Following the attack of the Axis powers of the Kingdom of Yugoslavia in 1941, and the quick defeat of the royal army, the whole country was occupied by the Axis forces. The Croat populace supported the abolishment of Yugoslavia, but didn't realize what kind of a replacement was in store for them. Hitler and Mussolini installed the Croatian Ustaše into power, forming the so-called "Independent State of Croatia".

File:Ante Pavelic.jpg
Ante Pavelić

The establishment of NDH was proclaimed on April 10, 1941 by Slavko Kvaternik, deputy leader of the Ustaše.
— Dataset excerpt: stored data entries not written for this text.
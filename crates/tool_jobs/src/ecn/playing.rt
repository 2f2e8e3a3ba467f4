//! `ecn`: an input's events, between an ECN-capable sender and an ECN-capable receiver.
ghost use Rattle.std.specs.Prelude.{◌≡◌, ℕ, List, Some};
ghost use Rattle.dccp_io.specs.Counts.{Rose};
ghost use Rattle.tool_jobs.specs.Play.{ecn_accepted, ecn_refused, ecn_text};
ghost use Rattle.tool_text.specs.Ends.{Answers, SinkFails, StopsWithin, EndsForCause};

use crate::ecn::play::EcnPlay;
use dccp_io::{Sink, Source};
use std::alloc::Global;
use tool_text::{JobEnd, run_lines};

/// Lets the events of an input take place between an ECN-capable sender and an ECN-capable receiver (own): it reads the
/// lines of `input` one by one, and writes to `output` a line with the result of each event, and at last how many
/// packets were sent and reports kept, or the line of the first refusal. With status 0 or 1 the output is the text of
/// the whole input; with another status it is a prefix of that text. Read means that the source failed, Write that the
/// sink did, and Memory that no memory was left.
pub fn play_nonces<S: Source, K: Sink>(alloc: Global, input: &mut S, output: &mut K) -> JobEnd
    ensures played { (bytes : List ℕ) → S.left input.old ≡ Some bytes
        → Answers (ecn_text bytes) (ecn_refused bytes) result (S.left input.new) (K.taken output.old) (K.taken output.new) }
    ensures past { (bytes : List ℕ) → S.left input.old ≡ Some bytes
        → StopsWithin 16384 (ecn_accepted bytes) bytes result (S.left input.new) }
    ensures cause { EndsForCause result (Rose (S.faults input.old) (S.faults input.new)) (SinkFails K.faults K.empty_takes output.old output.new) }
{
    let mut text = Vec::new(alloc);
    let Ok(mut play) = EcnPlay::new(alloc) else {
        return JobEnd::Memory;
    };
    run_lines(alloc, &mut play, &mut text, input, output)
}
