// Whether a set that a log names keeps the rule of a slot: min(m, N) of the jobs present run, and no job that waits comes before one that
// runs, by kind and then deadline. One pass over the tasks tells it: of all turns it needs the least of a job that waits and the greatest
// of one that runs.
#![tactic(auto)]

ghost use Rattle.std.specs.Prelude.{◌≡◌, List, ℕ};
ghost use Rattle.rules.specs.Words.{holds_below};
ghost use Rattle.rules.specs.Limits.{max_tasks};
ghost use Rattle.rules.specs.Slot.{setup_of, present, jobs_now};
ghost use Rattle.rules.specs.Log.{keeps_rule};
ghost use Rattle.lists.specs.Lists.{members};
ghost use Rattle.rule.specs.NoneWait.{same_at, absent};

use rules::{MAX_TASKS, Run};

// Whether nobody is named, which is all that the rule asks where no task has a job. The loop has no early exit: all tasks are looked at
// alike, so that many can be at once.
pub fn is_nobody(named: &[bool; MAX_TASKS]) -> bool
    ensures { result ≡ holds_below (absent (members named.now)) max_tasks }
{
    let mut none = true;
    for is_named in named {
        none &= !*is_named;
    }
    none
}

// Whether just the tasks that have a job are named. No early exit here either: each task is compared alike, so that many can be at once.
fn all_run(r: Run, named: &[bool; MAX_TASKS]) -> bool
    ensures { result ≡ holds_below (same_at (present r) (members named.now)) max_tasks }
{
    let mut same = true;
    for i in 0..MAX_TASKS {
        same &= jobs::has_job(r.tasks[i].job) == named[i];
    }
    same
}

// The table has no say in it. Where no job waits the set must be that of the tasks that have a job, and nothing else is looked at. A turn
// is below 3 * 2^32, so the largest number stands for no job that waits and 0 for none that runs: no turn is above the one or below the
// other. Jobs with the same turn may run in either's place.
pub fn keeps(
    r: Run,
    procs: u32,
    policy: u32,
    clock: u32,
    jobs: usize,
    named: &[bool; MAX_TASKS],
) -> bool
    requires { jobs ≡ jobs_now r }
    ensures { (table : List ℕ) → result ≡ keeps_rule (setup_of procs policy table) clock r (members named.now) }
{
    if jobs <= procs as usize {
        return all_run(r, named);
    }
    let mut count = 0;
    let mut all_there = true;
    let mut waiting = u64::MAX;
    let mut running = 0;
    for i in 0..MAX_TASKS {
        let t = r.tasks[i];
        let there = jobs::has_job(t.job);
        if named[i] {
            count += 1;
            if there {
                running = running.max(choice::turn_of(t.job, policy, clock));
            } else {
                all_there = false;
            }
        } else if there {
            waiting = waiting.min(choice::turn_of(t.job, policy, clock));
        }
    }
    if count != procs as usize {
        return false;
    }
    running <= waiting && all_there
}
The leader of the state was Ante Pavelić. Officially it was a kingdom under one Tomislav II of the House of Savoy, but he had no real power and never even set foot on the territory of the NDH.
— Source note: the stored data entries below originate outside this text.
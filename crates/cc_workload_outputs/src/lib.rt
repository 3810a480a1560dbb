//! What the job of a workload writes. The functions do nothing; each has laws as its contract.
#![tactic(auto)]

pub mod workload_outputs;
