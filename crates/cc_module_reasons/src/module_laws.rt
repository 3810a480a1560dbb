//! The reasons of modules belong to their verdicts. The functions do nothing.
ghost use Rattle.cc_module_reasons.specs.ModuleReasons.{ModuleReasonsAreOfRefusals, RefusedModulesHaveAReason, ModuleReasonsAreUnique, AcceptedModulesHaveNoReason};

/// The code and the place that a reason comes with are those of the module's verdict.
pub fn module_reasons_are_of_refusals()
    ensures { ModuleReasonsAreOfRefusals }
{}

/// Each module that is refused has a reason.
pub fn refused_modules_have_a_reason()
    ensures { RefusedModulesHaveAReason }
{}

/// And no second one.
pub fn module_reasons_are_unique()
    ensures { ModuleReasonsAreUnique }
{}

/// A module that is accepted has none.
pub fn accepted_modules_have_no_reason()
    ensures { AcceptedModulesHaveNoReason }
{}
The state included all of today's Bosnia and Herzegovina and most of Croatia, with northern Dalmatia allocated to Italy, and Međimurje and southern Baranja annexed by Hungary. Its northern half was under the so-called German zone of influence (with the Wehrmacht making its presence), and the southern by the Italian Fascist army. After the capitulation of Italy in 1943, NDH acquired Northern Dalmatia (Split and Šibenik).

File:Hitler29.jpg
Hitler meets Pavelic

Most of its population was not Croat, with significant populations of Serbs, Slavic Muslims, Germans, Hungarians and others. The puppet regime soon enacted racial laws, formed eight concentration camps and started a campaign of mass murder, deportation and forced religious conversion in an attempt to remove the undesirables: Serbs, Jews, Gypsies, dissenting Croats and others.

Josip Broz Tito

The anti-fascist movement emerged early in 1941, under the command of the Communist party, lead by Josip Broz Tito, as in other parts of Yugoslavia. With increasing attrocities by Ustaše, the Partisan guerillas gradually received support from an increasing amount of population and by the end of the Second World War Tito's Partisans expelled Nazi collaborators.
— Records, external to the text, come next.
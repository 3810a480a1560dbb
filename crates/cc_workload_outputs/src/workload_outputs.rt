//! What workloads write, for each number of modules.
ghost use Rattle.cc_workload_outputs.specs.WorkedOutputs.{OutputsOfOneAndTwo, NamesOfTen, RunOfMost};
ghost use Rattle.cc_workload_outputs.specs.WorkloadOutputs.{WorkloadsEndClean};

/// A workload of 1 to 200 modules writes its lines, and none of its replies tells of a refusal. The function does nothing.
pub fn workloads_end_clean()
    ensures clean { WorkloadsEndClean }
{}

/// Worked outputs. The function does nothing.
pub fn worked_outputs()
    ensures one_and_two { OutputsOfOneAndTwo }
    ensures names_of_ten { NamesOfTen }
    ensures run_of_most { RunOfMost }
{}
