//! Worked submissions: what is vouched for, each reason why something is not, and forged certificates. The functions do
//! nothing; each has a page of rows as its contract.
#![tactic(auto)]

pub mod vouching_examples;
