// Goes over the bound of a variable and a shape that name more than the base has, as `keep_new` does.
#[cycle(walk)]
fn keep_keyed(
    alloc: Global,
    ctx: &Ctx,
    variable: Var,
    bound: &Shape,
    right: &Shape,
    at: Place,
    log: &mut Log,
    steps: u32,
    key: &Key,
    read: &Rc<Shape>,
) -> Result<bool, AllocError>
    requires context { IsWellFormedContext (context_of ctx.now) }
    requires right { IsWellFormedShape (context_of ctx.now) (shape_in (context_of ctx.now) (shape_of right.now)) }
    requires base { StandsOn (context_of log.old.known.base) (context_of ctx.now) }
    requires there { plain.bound_of (context_of ctx.now) variable ≡ Some (shape_of bound.now) }
    requires read { shape_of read.now.value ≡ shape_in (context_of ctx.now) (shape_of right.now) }
    ensures kept { IfOk result (λ m. Keeps (length (context_of log.old.known.base)) false at (comparison steps (context_of ctx.now) (shape_in (context_of ctx.now) (shape_of bound.now)) (shape_in (context_of ctx.now) (shape_of right.now))) m log.old.settled log.new.settled (asked_of log.old.demands) (asked_of log.new.demands)) }
    ensures base { log.new.known.base ≡ log.old.known.base }
{
    let settled = log.settled;
    let count = log.demands.len();
    log.settled = true;
    let matched = keep_shapes(alloc, ctx, bound, right, at, log, steps, false)?;
    if !matched {
        return Ok(false);
    }
    let all = log.settled;
    if all {
        remember_keyed(alloc, ctx, key, variable, read, log, steps, false)?;
    } else if log.demands.len() == count {
        remember_keyed(alloc, ctx, key, variable, read, log, steps, true)?;
    }
    log.settled = settled && all;
    Ok(true)
}

// Goes over the bound of a variable and a shape that name more than the base has, unless it is remembered that they
// match.
#[cycle(walk)]
fn keep_own(
    alloc: Global,
    ctx: &Ctx,
    variable: Var,
    bound: &Shape,
    right: &Shape,
    at: Place,
    log: &mut Log,
    steps: u32,
) -> Result<bool, AllocError>
    requires context { IsWellFormedContext (context_of ctx.now) }
    requires right { IsWellFormedShape (context_of ctx.now) (shape_in (context_of ctx.now) (shape_of right.now)) }
    requires base { StandsOn (context_of log.old.known.base) (context_of ctx.now) }
    requires there { plain.bound_of (context_of ctx.now) variable ≡ Some (shape_of bound.now) }
    requires many { FEWER < steps }
    ensures kept { IfOk result (λ m. Keeps (length (context_of log.old.known.base)) false at (comparison steps (context_of ctx.now) (shape_in (context_of ctx.now) (shape_of bound.now)) (shape_in (context_of ctx.now) (shape_of right.now))) m log.old.settled log.new.settled (asked_of log.old.demands) (asked_of log.new.demands)) }
    ensures base { log.new.known.base ≡ log.old.known.base }
{
    let read = read_right(alloc, right, entries(ctx))?;
    let key = key_of(alloc, log.known.base.len(), ctx, variable, &read)?;
    match known_again(alloc, ctx, variable, &read, steps, &key, log)? {
        Some(lost) => {
            if lost {
                log.settled = false;
                return Ok(true);
            }
            Ok(true)
        }
        None => keep_keyed(
            alloc,
            ctx,
            variable,
            bound,
            right,
            at,
            log,
            steps - FEWER,
            &key,
            &read,
        ),
    }
}

// Whether the shape is a type variable.
fn is_name(shape: &Shape) -> bool {
    match shape {
        Shape::TVar(_) => true,
        _ => false,
    }
}

// Goes over the bound of the variable and the shape, unless it is remembered that they match. Where the bound is a type
// variable, the next step remembers it, and this one takes none.
#[cycle(walk)]
fn keep_bound(
    alloc: Global,
    ctx: &Ctx,
    variable: Var,
    bound: &Shape,
    right: &Shape,
    at: Place,
    log: &mut Log,
    steps: u32,
) -> Result<bool, AllocError>
    requires context { IsWellFormedContext (context_of ctx.now) }
    requires right { IsWellFormedShape (context_of ctx.now) (shape_in (context_of ctx.now) (shape_of right.now)) }
    requires base { StandsOn (context_of log.old.known.base) (context_of ctx.now) }
    requires there { plain.bound_of (context_of ctx.now) variable ≡ Some (shape_of bound.now) }
    ensures kept { IfOk result (λ m. Keeps (length (context_of log.old.known.base)) false at (comparison steps (context_of ctx.now) (shape_in (context_of ctx.now) (shape_of bound.now)) (shape_in (context_of ctx.now) (shape_of right.now))) m log.old.settled log.new.settled (asked_of log.old.demands) (asked_of log.new.demands)) }
    ensures base { log.new.known.base ≡ log.old.known.base }
{
    if steps <= FEWER || is_name(bound) {
        return keep_shapes(alloc, ctx, bound, right, at, log, steps, false);
    }
    let name = Shape::TVar(variable);
    if !wf_shape(alloc, &log.known.base, &name)? {
        return keep_own(alloc, ctx, variable, bound, right, at, log, steps);
    }
    if !wf_shape(alloc, &log.known.base, right)? {
        return keep_own(alloc, ctx, variable, bound, right, at, log, steps);
    }
    if log.known.matches(variable, right, steps, false) {
        return Ok(true);
    }
    if log.is_lost() && log.known.matches(variable, right, steps, true) {
        log.settled = false;
        return Ok(true);
    }
    keep_new(alloc, ctx, variable, bound, right, at, log, steps - FEWER)
}

// The same, where the whole of what is demanded is kept or not.
#[cycle(walk)]
fn walk_bound(
    alloc: Global,
    ctx: &Ctx,
    variable: Var,
    bound: &Shape,
    right: &Shape,
    at: Place,
    log: &mut Log,
    steps: u32,
    whole: bool,
) -> Result<bool, AllocError>
    requires context { IsWellFormedContext (context_of ctx.now) }
    requires right { IsWellFormedShape (context_of ctx.now) (shape_in (context_of ctx.now) (shape_of right.now)) }
    requires base { StandsOn (context_of log.old.known.base) (context_of ctx.now) }
    requires there { plain.bound_of (context_of ctx.now) variable ≡ Some (shape_of bound.now) }
    ensures kept { IfOk result (λ m. Keeps (length (context_of log.old.known.base)) whole at (comparison steps (context_of ctx.now) (shape_in (context_of ctx.now) (shape_of bound.now)) (shape_in (context_of ctx.now) (shape_of right.now))) m log.old.settled log.new.settled (listed whole log.old) (listed whole log.new)) }
    ensures base { log.new.known.base ≡ log.old.known.base }
{
    if whole {
        keep_shapes(alloc, ctx, bound, right, at, log, steps, whole)
    } else {
        keep_bound(alloc, ctx, variable, bound, right, at, log, steps)
    }
}

#[cycle(walk)]
fn keep_variable(
    alloc: Global,
    ctx: &Ctx,
    variable: Var,
    right: &Shape,
    at: Place,
    log: &mut Log,
    steps: u32,
    whole: bool,
) -> Result<bool, AllocError>
    requires context { IsWellFormedContext (context_of ctx.now) }
    requires right { IsWellFormedShape (context_of ctx.now) (shape_in (context_of ctx.now) (shape_of right.now)) }
    requires base { StandsOn (context_of log.old.known.base) (context_of ctx.now) }
    ensures kept { IfOk result (λ m. Keeps (length (context_of log.old.known.base)) whole at (variable_compared steps (context_of ctx.now) variable (shape_of right.now)) m log.old.settled log.new.settled (listed whole log.old) (listed whole log.new)) }
    ensures base { log.new.known.base ≡ log.old.known.base }
{
    if is_variable(entries(ctx), variable, right) {
        return Ok(true);
    }
    match bound_of(ctx, variable) {
        Some(bound) => walk_bound(alloc, ctx, variable, bound, right, at, log, steps, whole),
        None => Ok(false),
    }
}

// The parameters from the right one to the left one, and then the results under the right one's parameter.
#[cycle(walk)]
fn keep_functions(
    alloc: Global,
    ctx: &Ctx,
    takes: &Ty,
    gives: &Ty,
    others: &Ty,
    other_gives: &Ty,
    at: Place,
    log: &mut Log,
    steps: u32,
    whole: bool,
) -> Result<bool, AllocError>
    requires context { IsWellFormedContext (context_of ctx.now) }
    requires left { let t = type_of takes.now in let g = type_of gives.now in
        IsWellFormedShape (context_of ctx.now) (shape_in (context_of ctx.now) (FunctionShape t.shape t.set g.shape g.set)) }
    requires right { let t = type_of others.now in let g = type_of other_gives.now in
        IsWellFormedShape (context_of ctx.now) (shape_in (context_of ctx.now) (FunctionShape t.shape t.set g.shape g.set)) }
    requires base { StandsOn (context_of log.old.known.base) (context_of ctx.now) }
    requires apart { let t = type_of takes.now in let g = type_of gives.now in let t' = type_of others.now in let g' = type_of other_gives.now in
        whole ≡ true → same_shape (shape_in (context_of ctx.now) (FunctionShape t.shape t.set g.shape g.set)) (shape_in (context_of ctx.now) (FunctionShape t'.shape t'.set g'.shape g'.set)) ≡ false }
    ensures kept { let t = type_of takes.now in let g = type_of gives.now in let t' = type_of others.now in let g' = type_of other_gives.now in
        IfOk result (λ m. Keeps (length (context_of log.old.known.base)) whole at (form_compared steps (context_of ctx.now) (FunctionShape t.shape t.set g.shape g.set) (FunctionShape t'.shape t'.set g'.shape g'.set)) m log.old.settled log.new.settled (listed whole log.old) (listed whole log.new)) }
    ensures base { log.new.known.base ≡ log.old.known.base }
{
    if !keep_types(alloc, ctx, others, takes, at, log, steps, whole)? {
        return Ok(false);
    }
    let under = under_parameter(alloc, ctx, others)?;
    keep_types(alloc, &under, gives, other_gives, at, log, steps, whole)
}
Later in the war Ustaše opened up a large complex of five concentration camps near Jasenovac in which up to a hundred thousand people were murdered (some estimate that this camp was the third largest camp of WWII). Overall Ustaša death count is estimated at over 400,000 people, but all written records were destroyed to cover it up. Serbian royalist guerilla Četnici were ostensibly formed in some parts of this puppet state by Serb villagers to protect themselves from the Ustaša, but in turn committed atrocities against Croats in retaliation. Both Ustaše and Četnici collaborated with the Axis powers and fought together against Partisans.

The Independent State of Croatia effectively ceased to exist in May 1945, near the end of the war. The advance of Tito's partisan forces, joined by the Soviet Red Army, caused mass retreat of the Ustase. A large group composed of anti-communists, Ustashi followers and of civilians was on a retreat from the partisan forces, heading west towards Italy and Austria. Ante Pavelić detached from the group and fled to Austria, Italy and finally Argentina. The rest of the group negotiated passage with the British forces on the Austrian-Slovenian border. After they refused to accept them (cf. Operation Keelhaul), Partisans are said to have executed up to 50,000 people, some of them in a field near the village of Bleiburg near that border, and many on a "death march" back into Yugoslavia.

The second Yugoslavia came into being later that year.